La justice des Témoins de Jéhovah ne vise pas à déterminer la culpabilité des auteurs de crimes et les punir, mais à vérifier que le comportement des adeptes ne viole aucune des normes morales de l’organisation. Ces principes et la manière dont les violations doivent être traitées sont tous consignées dans un ouvrage interne intitulé « Faites paître le troupeau de Dieu ». Tous les « anciens » en reçoivent un exemplaire qui doit être obligatoirement rendu en cas de défection. Parmi les affaires devant être examinées par le comité judiciaire, « celles relevant de l’immoralité sexuelle – appelée « porneia » chez les Témoins de Jéhovah » – sont de la plus haute importance.

Les informations consignées lors du comité sont stockées dans des « enveloppes bleues » et conservées en double exemplaire, une localement et l’autre au siège central des Témoins de Jéhovah aux Etats-Unis.

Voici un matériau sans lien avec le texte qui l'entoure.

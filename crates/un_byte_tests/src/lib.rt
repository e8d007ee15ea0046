//! The tests of what stands below a link: texts, requests, the bytes of transfers, and the set-up, each by its public calls.
//! They stand in a crate of their own because a crate with tests is proved a second time with them.
#![tactic(auto)]

#[cfg(test)]
mod classreq_tests;
#[cfg(test)]
mod desc_tests;
#[cfg(test)]
mod eem_tests;
#[cfg(test)]
mod facts_tests;
#[cfg(test)]
mod frame_tests;
#[cfg(test)]
mod io_tests;
#[cfg(test)]
mod layout_tests;
#[cfg(test)]
mod ntb16_tests;
#[cfg(test)]
mod ntb32_tests;
#[cfg(test)]
mod ntb_tests;
#[cfg(test)]
mod packet_tests;
#[cfg(test)]
mod req_tests;
#[cfg(test)]
mod setup_tests;
#[cfg(test)]
mod span_tests;
#[cfg(test)]
mod text_tests;
#[cfg(test)]
mod wire_tests;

A l’issue du comité, si les anciens ne concluent pas au viol, les conséquences pour ceux qui l’ont dénoncé peuvent être énormes et aller jusqu’à l’excommunication.

Gry Helene Nygård en a fait l’amère expérience. S’étant confiée au comité sur un viol subi après une soirée, elle a été déclarée coupable d’avoir commis de la pornographie et a été expulsée en 2018. Ce qui a eu pour conséquence de la couper de toutes ses relations dont ses enfants.

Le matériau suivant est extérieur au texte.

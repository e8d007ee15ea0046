//! The verdict on a frame.

use un_frame::{Address, Class, Lane, Params, Verdict, address, verdict};

/// The first 14 bytes of a frame to this first byte of a destination.
fn header(first: u8) -> [u8; 14] {
    [first, 0, 0, 0, 0, 2, 2, 0, 0, 0, 0, 1, 8, 0]
}

#[test]
fn judges_frames(rt: HostRuntime) {
    let params = Params {
        class: Class::Ecm,
        segment: 60,
        packet: 512,
        filter: 0,
        block: 2048,
        datagrams: 0,
        divisor: 4,
        remainder: 0,
        alignment: 4,
        tx_out: 1,
        rx_out: 1,
        tx_in: 1,
        rx_in: 1,
    };
    assert_eq!(rt; address(&header(2)), Address::Directed);
    assert_eq!(rt; address(&header(3)), Address::Multicast);
    assert_eq!(rt; address(&[0xff; 14]), Address::Broadcast);
    assert_eq!(rt; verdict(&params, Lane::Inward, &header(2)), Verdict::Take);
    assert_eq!(rt;
        verdict(&params, Lane::Inward, &header(3)),
        Verdict::Filtered
    );
    assert_eq!(rt; verdict(&params, Lane::Outward, &header(3)), Verdict::Take);
    assert_eq!(rt;
        verdict(&params, Lane::Inward, &[0xff; 14]),
        Verdict::Filtered
    );
    assert_eq!(rt;
        verdict(&params, Lane::Outward, &[0xff; 13]),
        Verdict::Short
    );
    assert_eq!(rt; verdict(&params, Lane::Outward, &[0; 61]), Verdict::Long);
}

Ayant utilisé tous les recours internes pour être réintégrée, Gry a porté l’affaire devant le Conseil de conciliation, qui a conclu que l’exclusion était invalide. Mais les Témoins
de Jéhovah n’en sont pas restés là et ont répondu en poursuivant Gry. « Notre tâche en tant que berger est de garder la congrégation propre selon ce que la Bible nous a donné comme conseils » a expliqué un ancien lors du procès qui s’est tenu en février 2020. « Un jury religieux n’est nommé que si un grave péché biblique est commis. Nous voyons cela comme une question religieuse, qui est en dehors de ce que les tribunaux doivent faire », a déclaré le chef de la congrégation lors de la même audience. Le tribunal= a statué en faveur des Témoins de Jéhovah, reconnaissant qu’une « communauté religieuse peut fixer des conditions de vie plus strictes » que ce qui est admis dans le reste de la société. Gry a fait appel de la décision. La Cour d’appel rendra son jugement en janvier 2021.

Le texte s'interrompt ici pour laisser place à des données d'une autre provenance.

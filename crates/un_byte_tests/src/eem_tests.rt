//! Worked transfers: written byte for byte, read, and refused.

ghost use Rattle.std.specs.Prelude.{◌≡◌, ◌≤◌, length, IfOk};

use std::alloc::{AllocError, Global};
use std::test::Fail;
use un_eem::{Item, append, finish, read};
use un_frame::{Fault, Kind};
use un_req::{Pool, Request};

/// A frame of this size from 02:00:00:00:00:01 to 02:00:00:00:00:02, with zeros behind its type.
fn frame(alloc: Global, size: usize) -> Result<Vec<u8>, AllocError>
    requires { 14 ≤ size }
    ensures { IfOk result (λ frame. length frame.items ≡ size) }
{
    let mut frame = vec![in alloc; 0; size]?;
    frame[..13].copy_from_slice(b"\x02\0\0\0\0\x02\x02\0\0\0\0\x01\x08");
    Ok(frame)
}

/// The transfer of one frame, for packets of 512 bytes.
fn written(alloc: Global, frame: &[u8]) -> Result<Request, Fail>
    requires least { 14 ≤ length frame.now }
    requires most { length frame.now ≤ 506 }
{
    let mut pool = Pool::make(alloc, 1, 514)?;
    let mut request = pool.take().ok_or("none is home")?;
    append(&mut request, frame);
    finish(&mut request, 512);
    Ok(request)
}

#[test]
fn writes_one_frame(rt: HostRuntime) -> Result<(), Fail> {
    let rows: [(usize, &[u8], &[u8]); 2] = [
        (60, b"\x40\0", b"\xde\xad\xbe\xef"),
        (506, b"\xfe\x01", b"\xde\xad\xbe\xef\0\0"),
    ];
    for (size, head, tail) in rows {
        assert!(rt; 14 <= size && size <= 506);
        let frame = frame(rt.alloc(), size)?;
        let request = written(rt.alloc(), &frame)?;
        let bytes = request.bytes();
        let found = bytes
            .strip_prefix(head)
            .and_then(|rest| rest.strip_suffix(tail));
        assert!(rt; found == Some(frame.as_slice()));
        let mut items = read(bytes).ok().ok_or("a fault")?;
        assert!(rt; matches!(items.next(), Some(Item::Frame(read)) if read == frame.as_slice()));
    }
    Ok(())
}

/// The transfer of two frames, for packets of 512 bytes.
fn both_written(alloc: Global, first: &[u8], second: &[u8]) -> Result<Request, Fail>
    requires first_least { 14 ≤ length first.now }
    requires first_most { length first.now ≤ 250 }
    requires least { 14 ≤ length second.now }
    requires most { length second.now ≤ 250 }
{
    let mut pool = Pool::make(alloc, 1, 514)?;
    let mut request = pool.take().ok_or("none is home")?;
    append(&mut request, first);
    append(&mut request, second);
    finish(&mut request, 512);
    Ok(request)
}

/// Two frames are two packets, and the empty packet stands after the last where both fill a packet of the bus.
#[test]
fn writes_two_frames(rt: HostRuntime) -> Result<(), Fail> {
    for (size, whole) in [(60, 132), (250, 514)] {
        assert!(rt; 14 <= size && size <= 250);
        let frame = frame(rt.alloc(), size)?;
        let request = both_written(rt.alloc(), &frame, &frame)?;
        assert_eq!(rt; request.bytes().len(), whole);
        let mut items = read(request.bytes()).ok().ok_or("a fault")?;
        for _ in 0..2 {
            assert!(rt;
                matches!(items.next(), Some(Item::Frame(read)) if read == frame.as_slice())
            );
        }
        assert!(rt; matches!(items.next(), Some(Item::Empty)) == (whole == 514));
    }
    Ok(())
}

/// The fault of a transfer, if it has one.
fn fault_of(bytes: &[u8]) -> Option<Fault> {
    read(bytes).err()
}

#[test]
fn refuses_with_the_first_fault(rt: HostRuntime) {
    let rows: [(&[u8], Kind, u64); 6] = [
        (b"\x40\x40", Kind::CrcPacket, 0),
        (b"\x03\0\xde\xad\xbe", Kind::ShortFrame, 0),
        (b"\x12", Kind::Truncated, 0),
        (b"\x05\x80", Kind::Truncated, 0),
        (b"\0\0\x11\0", Kind::ShortFrame, 2),
        (
            b"\x12\0\x02\0\0\0\0\x02\x02\0\0\0\0\x01\x08\0\xde\xad\xbe\xee",
            Kind::BadSentinel,
            0,
        ),
    ];
    for (bytes, kind, at) in rows {
        assert_eq!(rt; fault_of(bytes), Some(Fault { kind, at }));
    }
}

#[test]
fn lends_commands(rt: HostRuntime) -> Result<(), Fail> {
    let mut items = read(b"\x03\x80\x01\x02\x03\0\0").ok().ok_or("a fault")?;
    let Some(
        Item::Command {
            code,
            parameter,
            echo,
        },
    ) = items.next()
    else {
        return Err("no command".into());
    };
    assert_eq!(rt; (code, parameter), (0, 3));
    assert!(rt; echo == b"\x01\x02\x03".as_slice());
    assert!(rt; matches!(items.next(), Some(Item::Empty)));
    assert!(rt; items.next().is_none());
    assert!(rt; fault_of(b"").is_none());
    Ok(())
}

Linda, une troisième victime, s’est retirée du groupe en 2019, après avoir essayé de faire reconnaître le viol qu’elle avait subi de la part de son mari au début des années 2010.
L’homme qui avait admis les faits a finalement changé de version. Convoquée à plusieurs reprises en comité judiciaire, Linda n’a pas été crue et aidée. Au contraire, elle a fait l’objet de pressions de la part des aînés pour ne pas divorcer. Durant toute l’affaire, elle n’a reçu aucun soutient de sa famille qui s’est détournée d’elle après son départ. Elle non plus n’a jamais contacté la police.

Svenn Andre Torland Haugland, un ex-adepte qui a officié comme « ancien » dans sa congrégation, confirme les pressions subies par les membres afin d’éviter d’ébruiter les affaires gênantes hors des congrégations. Selon lui, l’État norvégien devrait s’intéresser au système des tribunaux internes des Témoins de Jéhovah qu’il considère « terrible et brutal frôlant même l’intimidation organisée ». Il explique que « chez les Témoins de Jéhovah, les gens sont jugés selon la Bible. Si vous êtes reconnu coupable et que vous ne vous repentez pas, vous êtes condamné à être privé de tout contact avec votre famille et vos amis pour toujours. C’est très brutal. »

Les Témoins de Jéhovah, quant à eux, affirment avoir un devoir de confidentialité envers leur fidèles comme tout autre prêtre.